* **TASK REQUIREMENTS**
Search the listing below, and show each line that includes the word "ticks".

* **MATERIAL FOR THIS EXERCISE**
// Whether the rows of a net make a sound net. Each row has a walk of its own, which isn't laid into its caller: a walk
// is a few tests and little else, and so is quick only where they stay together.
ghost use Rattle.std.specs.Prelude.{◌≡◌, ◌&&◌, length, IsTrue};
ghost use Rattle.std.specs.List.{list_all};
ghost use Rattle.std.specs.Ordering.{int_eq};
ghost use Rattle.net_rows.specs.Nets.{sound_node, sound_edge, known, is_rectangle, rectangle, sound_cell, sound_net};

use crate::{Corners, Edge, NetCell, NetRows, Node};

impl Node {
    /// Whether the node lies at a place, in ticks.
    #[inline(always)]
    pub fn lies_at(self, x: i64, y: i64) -> bool
        ensures { result ≡ (int_eq self.x x && int_eq self.y y) }
    {
        (self.x == x) & (self.y == y)
    }

    fn is_sound(&self) -> bool
        ensures { result ≡ sound_node self.now }
    {
        cell::ticks::in_range(self.x) & cell::ticks::in_range(self.y)
    }
}

impl Edge {
    // Whether both ends are among the first nodes.
    fn is_sound(&self, count: usize) -> bool
        ensures { result ≡ sound_edge count self.now }
    {
        (self.from < count) & (self.to < count)
    }
}

// Tried `==` at each place of the rectangle: the search gives up at so many at once.
fn agree(a: i64, b: i64) -> bool
    ensures { result ≡ int_eq a b }
{
    a == b
}

fn is_rectangle(southwest: Node, southeast: Node, northeast: Node, northwest: Node) -> bool
    ensures { result ≡ is_rectangle southwest southeast northeast northwest }
{
    (southwest.x < southeast.x)
        & (southwest.y < northwest.y)
        & agree(southeast.y, southwest.y)
        & agree(northeast.x, southeast.x)
        & agree(northeast.y, northwest.y)
        & agree(northwest.x, southwest.x)
}

impl Corners {
    // Whether all four are among the first nodes.
    fn are_known(&self, count: usize) -> bool
        ensures { result ≡ known count self.now }
    {
        (self.southwest < count)
            & (self.southeast < count)
            & (self.northeast < count)
            & (self.northwest < count)
    }

    // Whether the four are those of a rectangle. Internal: they stand in the row.
    #[tactic(auto, using(crate::proofs::Sound::known_facts))]
    fn make_rectangle(&self, nodes: &[Node]) -> bool
        requires { IsTrue (known (length nodes.now) self.now) }
        ensures { result ≡ rectangle nodes.now self.now }
    {
        is_rectangle(
            nodes[self.southwest],
            nodes[self.southeast],
            nodes[self.northeast],
            nodes[self.northwest],
        )
    }
}

impl NetCell {
    fn is_sound(&self, nodes: &[Node]) -> bool
        ensures { result ≡ sound_cell nodes.now self.now }
    {
        self.corners.are_known(nodes.len()) && self.corners.make_rectangle(nodes)
    }
}

#[inline(never)]
fn nodes_are_sound(nodes: &[Node]) -> bool
    ensures { result ≡ list_all sound_node nodes.now }
{
    nodes.iter().all(|node| node.is_sound())
}

#[inline(never)]
fn edges_are_sound(count: usize, edges: &[Edge]) -> bool
    ensures { result ≡ list_all (sound_edge count) edges.now }
{
    edges.iter().all(|edge| edge.is_sound(count))
}

#[inline(never)]
fn cells_are_sound(nodes: &[Node], cells: &[NetCell]) -> bool
    ensures { result ≡ list_all (sound_cell nodes.now) cells.now }
{
    cells.iter().all(|cell| cell.is_sound(nodes))
}

impl NetRows<'_> {
    /// Whether the rows are a sound net: the rules' refusal 7 of a net is that they are not. `SoundNet::judge` asks it
    /// once for all.
    #[tactic(auto, unfolding(crate::specs::Nets::sound_net))]
    pub fn are_sound(&self) -> bool
        ensures { result ≡ sound_net self.now.nodes.now self.now.edges.now self.now.cells.now }
    {
        nodes_are_sound(self.nodes)
            && edges_are_sound(self.nodes.len(), self.edges)
            && cells_are_sound(self.nodes, self.cells)
    }
}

* **TASK SOLUTION**
    /// Whether the node lies at a place, in ticks.
        cell::ticks::in_range(self.x) & cell::ticks::in_range(self.y)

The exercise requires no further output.